| RECORDS PROVIDED |
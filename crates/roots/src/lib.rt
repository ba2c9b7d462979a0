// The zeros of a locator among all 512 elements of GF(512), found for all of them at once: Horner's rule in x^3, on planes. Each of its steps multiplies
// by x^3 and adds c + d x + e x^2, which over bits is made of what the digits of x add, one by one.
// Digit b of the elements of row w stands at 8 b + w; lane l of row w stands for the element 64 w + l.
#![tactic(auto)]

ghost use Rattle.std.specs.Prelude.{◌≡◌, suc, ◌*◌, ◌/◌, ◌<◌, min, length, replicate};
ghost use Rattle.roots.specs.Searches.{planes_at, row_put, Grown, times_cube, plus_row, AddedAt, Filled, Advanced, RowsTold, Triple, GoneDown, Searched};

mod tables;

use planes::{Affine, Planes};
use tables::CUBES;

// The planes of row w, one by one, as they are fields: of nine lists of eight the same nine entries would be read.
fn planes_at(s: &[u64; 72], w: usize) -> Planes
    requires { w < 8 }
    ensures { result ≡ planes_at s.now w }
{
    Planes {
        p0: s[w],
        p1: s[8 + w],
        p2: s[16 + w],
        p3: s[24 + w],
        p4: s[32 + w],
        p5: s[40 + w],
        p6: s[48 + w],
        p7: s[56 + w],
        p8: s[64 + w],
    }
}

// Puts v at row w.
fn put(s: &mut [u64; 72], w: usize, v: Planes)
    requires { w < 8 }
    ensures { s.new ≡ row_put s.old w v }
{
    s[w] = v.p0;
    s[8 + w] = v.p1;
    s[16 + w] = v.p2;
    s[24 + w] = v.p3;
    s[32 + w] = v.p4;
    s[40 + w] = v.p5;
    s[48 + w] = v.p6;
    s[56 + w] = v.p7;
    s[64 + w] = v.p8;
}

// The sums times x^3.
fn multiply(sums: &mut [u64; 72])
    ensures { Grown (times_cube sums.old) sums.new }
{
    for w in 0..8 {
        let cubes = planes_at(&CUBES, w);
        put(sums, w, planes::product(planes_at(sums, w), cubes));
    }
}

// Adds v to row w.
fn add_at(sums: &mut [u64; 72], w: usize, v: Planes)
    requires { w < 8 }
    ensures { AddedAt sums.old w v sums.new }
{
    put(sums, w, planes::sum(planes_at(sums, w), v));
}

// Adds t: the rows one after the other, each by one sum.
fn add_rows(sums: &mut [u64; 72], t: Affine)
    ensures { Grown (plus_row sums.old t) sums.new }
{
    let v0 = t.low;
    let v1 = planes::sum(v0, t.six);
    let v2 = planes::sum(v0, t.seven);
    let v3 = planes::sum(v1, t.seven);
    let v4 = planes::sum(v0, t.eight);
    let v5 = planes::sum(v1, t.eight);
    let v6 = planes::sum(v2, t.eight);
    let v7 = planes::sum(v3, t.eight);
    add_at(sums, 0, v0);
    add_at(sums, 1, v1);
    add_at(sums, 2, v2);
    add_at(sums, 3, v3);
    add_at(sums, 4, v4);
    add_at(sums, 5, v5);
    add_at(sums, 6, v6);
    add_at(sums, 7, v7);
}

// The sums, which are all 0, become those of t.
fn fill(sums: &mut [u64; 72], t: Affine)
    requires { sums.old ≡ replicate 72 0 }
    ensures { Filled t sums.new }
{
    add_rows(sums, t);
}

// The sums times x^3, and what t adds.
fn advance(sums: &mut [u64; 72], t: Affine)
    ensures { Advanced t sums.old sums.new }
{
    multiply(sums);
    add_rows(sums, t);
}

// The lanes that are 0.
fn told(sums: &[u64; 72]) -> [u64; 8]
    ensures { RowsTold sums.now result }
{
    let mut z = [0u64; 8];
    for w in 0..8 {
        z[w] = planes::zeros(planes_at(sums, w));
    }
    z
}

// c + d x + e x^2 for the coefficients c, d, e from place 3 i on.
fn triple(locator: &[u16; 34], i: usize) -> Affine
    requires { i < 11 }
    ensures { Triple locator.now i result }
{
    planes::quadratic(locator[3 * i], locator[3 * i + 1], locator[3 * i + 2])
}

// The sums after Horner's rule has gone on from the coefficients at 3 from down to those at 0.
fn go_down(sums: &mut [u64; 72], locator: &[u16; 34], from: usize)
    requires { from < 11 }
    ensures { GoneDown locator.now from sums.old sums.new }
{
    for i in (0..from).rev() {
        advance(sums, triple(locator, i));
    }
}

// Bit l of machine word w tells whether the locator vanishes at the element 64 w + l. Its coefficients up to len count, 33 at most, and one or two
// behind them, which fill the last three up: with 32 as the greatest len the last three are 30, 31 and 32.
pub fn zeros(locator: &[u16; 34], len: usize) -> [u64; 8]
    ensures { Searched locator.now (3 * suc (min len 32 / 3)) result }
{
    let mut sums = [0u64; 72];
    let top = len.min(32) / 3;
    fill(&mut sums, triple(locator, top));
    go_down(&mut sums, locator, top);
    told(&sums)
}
...
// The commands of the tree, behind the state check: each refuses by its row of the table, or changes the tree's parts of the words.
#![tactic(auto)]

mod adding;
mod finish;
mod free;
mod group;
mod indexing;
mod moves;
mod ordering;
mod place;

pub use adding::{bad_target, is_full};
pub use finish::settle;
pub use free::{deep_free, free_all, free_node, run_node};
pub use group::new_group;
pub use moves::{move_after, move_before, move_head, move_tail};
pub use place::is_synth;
==
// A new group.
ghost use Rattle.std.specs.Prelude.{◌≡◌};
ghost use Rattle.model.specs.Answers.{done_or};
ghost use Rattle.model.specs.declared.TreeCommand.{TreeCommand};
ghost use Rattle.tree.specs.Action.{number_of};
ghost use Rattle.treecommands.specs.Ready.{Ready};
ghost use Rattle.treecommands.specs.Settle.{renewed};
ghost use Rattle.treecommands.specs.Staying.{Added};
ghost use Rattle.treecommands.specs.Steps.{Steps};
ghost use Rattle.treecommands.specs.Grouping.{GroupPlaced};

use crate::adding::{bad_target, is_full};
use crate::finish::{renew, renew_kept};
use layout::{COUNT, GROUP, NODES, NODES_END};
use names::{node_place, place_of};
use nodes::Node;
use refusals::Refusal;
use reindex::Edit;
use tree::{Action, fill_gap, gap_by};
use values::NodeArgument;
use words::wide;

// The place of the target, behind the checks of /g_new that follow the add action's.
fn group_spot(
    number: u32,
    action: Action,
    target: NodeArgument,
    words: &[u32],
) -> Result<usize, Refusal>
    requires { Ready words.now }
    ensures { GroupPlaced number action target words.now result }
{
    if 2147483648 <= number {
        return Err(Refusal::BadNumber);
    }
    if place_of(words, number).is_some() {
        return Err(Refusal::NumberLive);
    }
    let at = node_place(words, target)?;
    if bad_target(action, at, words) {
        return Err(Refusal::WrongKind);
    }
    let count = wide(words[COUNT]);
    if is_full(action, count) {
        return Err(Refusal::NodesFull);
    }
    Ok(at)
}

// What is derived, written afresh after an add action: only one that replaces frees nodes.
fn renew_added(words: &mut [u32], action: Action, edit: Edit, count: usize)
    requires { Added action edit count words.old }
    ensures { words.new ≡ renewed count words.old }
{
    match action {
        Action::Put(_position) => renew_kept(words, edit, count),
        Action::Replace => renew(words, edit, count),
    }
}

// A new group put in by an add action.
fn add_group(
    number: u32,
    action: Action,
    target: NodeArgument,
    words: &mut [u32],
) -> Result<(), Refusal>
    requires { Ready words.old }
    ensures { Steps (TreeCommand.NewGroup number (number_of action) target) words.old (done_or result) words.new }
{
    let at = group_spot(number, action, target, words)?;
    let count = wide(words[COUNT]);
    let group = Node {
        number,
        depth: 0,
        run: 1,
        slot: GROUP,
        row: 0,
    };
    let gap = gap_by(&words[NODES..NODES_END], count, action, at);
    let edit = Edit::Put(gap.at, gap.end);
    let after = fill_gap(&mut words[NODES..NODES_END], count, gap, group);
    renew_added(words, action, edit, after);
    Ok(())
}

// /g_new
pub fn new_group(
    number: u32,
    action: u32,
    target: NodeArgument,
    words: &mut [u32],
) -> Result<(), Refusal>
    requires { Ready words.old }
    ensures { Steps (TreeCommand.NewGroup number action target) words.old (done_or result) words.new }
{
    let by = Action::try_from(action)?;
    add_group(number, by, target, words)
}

| WHAT IS BEING ASKED |
Every line with the string "zeros" in the material should be returned.

| WRITTEN SOLUTION |
// The zeros of a locator among all 512 elements of GF(512), found for all of them at once: Horner's rule in x^3, on planes. Each of its steps multiplies
        z[w] = planes::zeros(planes_at(sums, w));
pub fn zeros(locator: &[u16; 34], len: usize) -> [u64; 8]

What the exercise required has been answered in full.